War mein Opa ein Nazi?“ Nicht selten stellen sich Kinder und Enkel diese Frage, weiß Diplom-Archivarin Ute Bitz. Die Archivarin ist seit 30 Jahren beim Staatsarchiv Ludwigsburg angestellt und kümmert sich unter anderem um die Öffentlichkeitsarbeit. Im Rahmen der Volkshochschule leitet sie Rundgänge durch das Archiv.

Denn was viele nicht wissen: Das Staatsarchiv ist für jedermann zugänglich. „Das ist unsere Existenzberechtigung“, sagt Bitz. Das Staatsarchiv lagert Unterlagen von Gerichten und Ämtern ein. Da natürlich nicht jedes Schriftstück den Weg ins Staatsarchiv finden kann, müssen die Unterlagen zu Beginn gesichtet und bewertet werden. Dafür sind Beamte im höheren Dienst zuständig – wie etwa Ute Bitz. Die nächste Aufgabe ist die Erschließung der Dokumente und die Nutzung. „Das Archivgut wird nicht hinter Schloss und Riegel gehalten, sondern den Bürgern zur Verfügung gestellt“, sagt Bitz.

Der interessierte Enkel lässt sich, ähnlich wie in einer Bücherei, einen Ausweis erstellen, fragt im Idealfall bereits vorab nach den für ihn interessanten Unterlagen, und kann diese dann im Lesesaal einsehen.

Bräunliche Mappen, eingeschlagen in Druckerpapier und umwickelt mit einem Band, werden für den Ahnenforscher vorbereitet. Gekennzeichnet mit einem rosanen Zettel, auf dem der Name vermerkt ist. Eine Voraussetzung zur freien Einsicht gibt es jedoch: Die Person, um die es geht, muss mindestens zehn Jahre tot sein.

Gerade im Rahmen der Entnazifizierung stehen die Chancen gut, etwas über den Großvater zu erfahren, sofern er nach Kriegsende im Landkreis wohnte. 1954 wurden besonders in der amerikanischen Besatzungszone Spruchkammern errichtet. Jeder, der mindestens 16 Jahre alt war, wurde entnazifiziert. Die Menschen mussten sich einem Test unterziehen, wobei ein Meldebogen ausgefüllt werden musste, der geprüft wurde. Meldebogenfälschungen, also Falschaussagen, wurden bestraft. Die Befragten mussten angeben, bei welcher NS-Gruppierung sie dabei waren. NSDAP, SA oder SS? Auch viele weitere Fragen sowie Zeugenaussagen von Freunden, Ehegatten und Nachbarn liegen diesen Mappen bei.
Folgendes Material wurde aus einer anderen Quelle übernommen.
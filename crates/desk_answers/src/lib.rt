//! Which response a request gets over a seat of a desk: the routes, what their targets name, and what is answered there.
#![tactic(auto)]

mod answers;
mod desk_seat;
mod routes;
mod seat;

pub use answers::signoff::{BodyFault, sign_body};
pub use answers::{Request, answer};
pub use routes::Routes;
pub use routes::resource::Resource;
pub use seat::SeatAt;
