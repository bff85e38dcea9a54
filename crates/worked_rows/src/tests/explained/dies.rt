//! Dies of a design with logs.
ghost use Rattle.diagnosis.specs.Designs.{IsLogOf};

use diagnosis::{Design, DieView, ReadLog, log_of};
use scan_model::Name;
use std::alloc::Global;
use std::process::Abort;
use std::sync::Arc;

/// The die D1 of a design, without a log.
pub(crate) fn die_of(rt: &impl Abort, alloc: Global, design: Design) -> DieView {
    let design = Arc::new(alloc, design).expect(rt, "memory");
    let name = Name::copy_of(alloc, b"D1").expect(rt, "memory");
    DieView::make(alloc, design, name).expect(rt, "memory")
}

fn add(rt: &impl Abort, alloc: Global, view: &mut DieView, log: ReadLog)
    requires { IsLogOf view.old.design view.old.die log }
{
    let log = Arc::new(alloc, log).expect(rt, "memory");
    let _put = view.add(log).expect(rt, "memory");
}

/// Adds a log, which must be one of the die.
pub(crate) fn add_text(rt: &impl Abort, alloc: Global, view: &mut DieView, text: &[u8]) {
    let _ = view.revision();
    let log = log_of(alloc, view.design(), view.die(), text).expect(rt, "a log");
    add(rt, alloc, view, log);
}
Im Staatsarchiv Ludwigsburg werden alle Unterlagen aus den Spruchkammern von 1945 bis 1948 aus ganz Nord-Württemberg verwahrt. „Das sind 50 000 Einzelakten“, sagt Bitz. Für den Enkel kann ein Einblick in diese Unterlagen ein Schlag ins Gesicht sein, denn nicht selten wird die Nazi-Vergangenheit von Verwandten innerhalb der Familie beschönigt.
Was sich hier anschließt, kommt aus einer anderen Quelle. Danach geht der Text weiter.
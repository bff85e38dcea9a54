//! The routes of the desk, and which of them a target takes.

pub(crate) mod resource;

ghost use Rattle.std.specs.Prelude.{◌≡◌, [], IfOk, OnOk};
ghost use Rattle.desk_answers.specs.Routes.{routes};

use matchit::{InsertError, Router};
use scan_model::NoMemory;
use std::alloc::Global;
use std::marker::Model;

/// What a path of the desk names. Each segment in braces is a tag or a number word.
#[derive(Clone, Copy)]
pub enum Route {
    /// `/designs/{design}`
    Design,
    /// `/designs/{design}/faults/{fault}/fails`
    Fails,
    /// `/designs/{design}/dies/{die}/logs`
    Logs,
    /// `/designs/{design}/dies/{die}/report`
    LastReport,
    /// `/designs/{design}/dies/{die}/reports/{revision}`
    Report,
    /// `/designs/{design}/dies/{die}/reports/{revision}/pages/{line}`
    Page,
    /// `/designs/{design}/dies/{die}/reports/{revision}/slat`
    Slat,
    /// `/designs/{design}/dies/{die}/reports/{revision}/slat/{pattern}`
    SlatPattern,
    /// `/designs/{design}/dies/{die}/signoffs`
    Signs,
    /// `/designs/{design}/dies/{die}/signoffs/{number}`
    Sign,
}

/// The table of routes, in which targets are looked up.
#[derive(Drop)]
pub struct Routes {
    pub(crate) router: Router<Route>,
}

impl Model for Routes {
    ghost use Rattle.std.specs.Prelude.{◌≡◌};
    ghost use Rattle.matchit.specs.Rows.{RowsOf};
    ghost use Rattle.matchit.specs.Router.{RouteOf};
    ghost use Rattle.desk_answers.specs.declared.routes.Route.{Route};
    ghost use Rattle.desk_answers.specs.Routes.{routes};

    ghost Value = { RowsOf (RouteOf Route) };

    ghost view = { λ table. table.router };

    ghost invariant = { λ table. table.router ≡ routes };
}

impl Routes {
    /// The ten routes.
    pub fn make(alloc: Global) -> Result<Self, NoMemory>
        ensures { IfOk result (λ table. table ≡ routes) }
    {
        match router(alloc) {
            Ok(router) => Ok(Routes { router }),
            Err(_) => Err(NoMemory),
        }
    }
}

// No two of these routes conflict, so that an error is want of memory.
fn add_routes(router: &mut Router<Route>) -> Result<(), InsertError>
    requires { router.old ≡ [] }
    ensures { OnOk result (router.new ≡ routes) }
{
    router.insert("/designs/{design}", Route::Design)?;
    router.insert("/designs/{design}/faults/{fault}/fails", Route::Fails)?;
    router.insert("/designs/{design}/dies/{die}/logs", Route::Logs)?;
    router.insert("/designs/{design}/dies/{die}/report", Route::LastReport)?;
    router.insert(
        "/designs/{design}/dies/{die}/reports/{revision}",
        Route::Report,
    )?;
    router.insert(
        "/designs/{design}/dies/{die}/reports/{revision}/pages/{line}",
        Route::Page,
    )?;
    router.insert(
        "/designs/{design}/dies/{die}/reports/{revision}/slat",
        Route::Slat,
    )?;
    router.insert(
        "/designs/{design}/dies/{die}/reports/{revision}/slat/{pattern}",
        Route::SlatPattern,
    )?;
    router.insert("/designs/{design}/dies/{die}/signoffs", Route::Signs)?;
    router.insert(
        "/designs/{design}/dies/{die}/signoffs/{number}",
        Route::Sign,
    )?;
    Ok(())
}

fn router(alloc: Global) -> Result<Router<Route>, InsertError>
    ensures { IfOk result (λ router. router ≡ routes) }
{
    let mut router = Router::new(alloc);
    add_routes(&mut router)?;
    Ok(router)
}
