//! A die of s27 with one pattern, in which its output fails: two faults are known to explain it.

use super::super::designs::{S27, S27_CHAIN};
use super::dies::{add_text, die_of};
use diagnosis::{DieView, design_of};
use scan_model::Profile;
use slat_view::slat_places;
use std::alloc::Global;
use std::process::Abort;
use std::thread::Threads;

const PATTERN: &[u8] = b"CAPTURE 0000 000\n";

const LOG: &[u8] = b"FAILLOG 1\ndie D1\ndesign d\ntested 0 0\nfail 0 out G17\nend\n";

const FITTING: &[u32] = &[16, 37];

fn failed_die(rt: &impl Abort, alloc: Global) -> DieView {
    let design = design_of(alloc, b"d", Profile::One, S27, S27_CHAIN, PATTERN, b"").expect(
        rt, "a design",
    );
    let mut view = die_of(rt, alloc, design);
    add_text(rt, alloc, &mut view, LOG);
    view
}

fn fit_the_pattern_over<R: Abort + Threads + Sync>(rt: &R, alloc: Global, view: &DieView) -> bool {
    assert!(rt; !view.design().parts().patterns().is_empty());
    let places = slat_places(rt, alloc, view, 0).expect(rt, "memory");
    let fit = places.as_slice() == FITTING;
    drop(places);
    fit
}

fn fit_the_pattern<R: Abort + Threads + Sync>(rt: &R, alloc: Global) -> bool {
    let view = failed_die(rt, alloc);
    let fit = fit_the_pattern_over(rt, alloc, &view);
    drop(view);
    fit
}

#[test]
fn two_faults_fit_the_pattern(rt: HostRuntime) {
    assert!(rt; fit_the_pattern(&rt, rt.alloc()));
}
Doch nicht nur Verwandte mit diesem Hintergrund können ausfindig gemacht werden. Auswanderer – sofern sie legal ausgewandert sind – haben auch ihre Spuren hinterlassen. Allerdings sind nur die Hälfte legal ausgewandert. Im Idealfall ist die Bürgerverzichtserklärung, die jeder Auswandernde unterschreiben musste, in Ludwigsburg archiviert. Oft liegen noch persönliche Briefe oder andere Schriftstücke bei, die den Vorfahren charakterisieren.
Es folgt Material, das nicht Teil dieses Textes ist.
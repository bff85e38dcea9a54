//! A seat of a shared desk, as a seat that sessions ask.
ghost use Rattle.desk_answers.specs.DeskSeats.{of_desk, IsSeatOf};

use crate::seat::SeatAt;
use book::{CheckedView, Design, DieView, LookFault, Put, PutFault, ReadLog, Sign};
use desk_outside::Keeper;
use scan_model::{Digest, Name};
use shared_desk::{Desk, DeskSeat};
use std::sync::{Arc, Wait};

impl<R: Wait, K: Keeper> SeatAt<R, Desk<K>> for DeskSeat {
    ghost facts = { λ seat desk. of_desk seat };

    ghost belongs = { λ seat desk. IsSeatOf seat desk };

    fn mark(&self, desk: &Desk<K>) -> u64 {
        DeskSeat::mark(self)
    }

    fn put_design(
        &mut self,
        rt: &R,
        desk: &Desk<K>,
        design: &Arc<Design>,
    ) -> Result<Put, PutFault> {
        // The deeds of the opening are among those that it has seen.
        let _mark = DeskSeat::mark(self);
        desk.put_design(rt, self, design).answer
    }

    fn put_log(&mut self, rt: &R, desk: &Desk<K>, log: &Arc<ReadLog>) -> Result<Put, PutFault> {
        // The deeds of the opening are among those that it has seen.
        let _mark = DeskSeat::mark(self);
        desk.put_log(rt, self, log).answer
    }

    fn sign(
        &mut self,
        rt: &R,
        desk: &Desk<K>,
        checked: &CheckedView,
        signer: &Name,
        digest: &Digest,
    ) -> Result<Put, PutFault> {
        // The deeds of the opening are among those that it has seen.
        let _mark = DeskSeat::mark(self);
        desk.sign(rt, self, checked, signer, digest).answer
    }

    fn look_design(
        &mut self,
        rt: &R,
        desk: &Desk<K>,
        name: &[u8],
    ) -> Result<Arc<Design>, LookFault> {
        // The deeds of the opening are among those that it has seen.
        let _mark = DeskSeat::mark(self);
        desk.look_design(rt, self, name).answer
    }

    fn look_die(
        &mut self,
        rt: &R,
        desk: &Desk<K>,
        design: &[u8],
        die: &[u8],
        revision: Option<u64>,
    ) -> Result<DieView, LookFault> {
        // The deeds of the opening are among those that it has seen.
        let _mark = DeskSeat::mark(self);
        desk.look_die(rt, self, design, die, revision).answer
    }

    fn look_sign(
        &mut self,
        rt: &R,
        desk: &Desk<K>,
        design: &[u8],
        die: &[u8],
        number: u64,
    ) -> Result<Sign, LookFault> {
        // The deeds of the opening are among those that it has seen.
        let _mark = DeskSeat::mark(self);
        desk.look_sign(rt, self, design, die, number).answer
    }
}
War der ausgewanderte Opa vielleicht Schreiner oder Zimmermann und auf der Walz? Dann besteht die Möglichkeit, dass das Wanderbüchlein im Archiv aufbewahrt wird, denn diese mussten vor der Auswanderung abgegeben werden. „Die Chancen, etwas über den Vorfahren zu finden, stehen am besten bei negativen Auffälligkeiten“, sagt Bitz. Aber auch Bauakten, etwa über das Errichten einer Scheune, werden verwahrt. (Kriegs-)Täter und Opfer können vermerkt sein, und auch Beamte im öffentlichen Dienst haben Personalakten, über die sie ausfindig gemacht werden können. „Es ist eine Spurensuche nach Einzelschicksalen, die bei uns möglich ist. Allerdings darf dies nicht mit dem Erstellen von Stammbäumen verwechselt werden, das ist bei uns nicht möglich“, betont die Archivarin und verweist auf Genealogen-Vereine.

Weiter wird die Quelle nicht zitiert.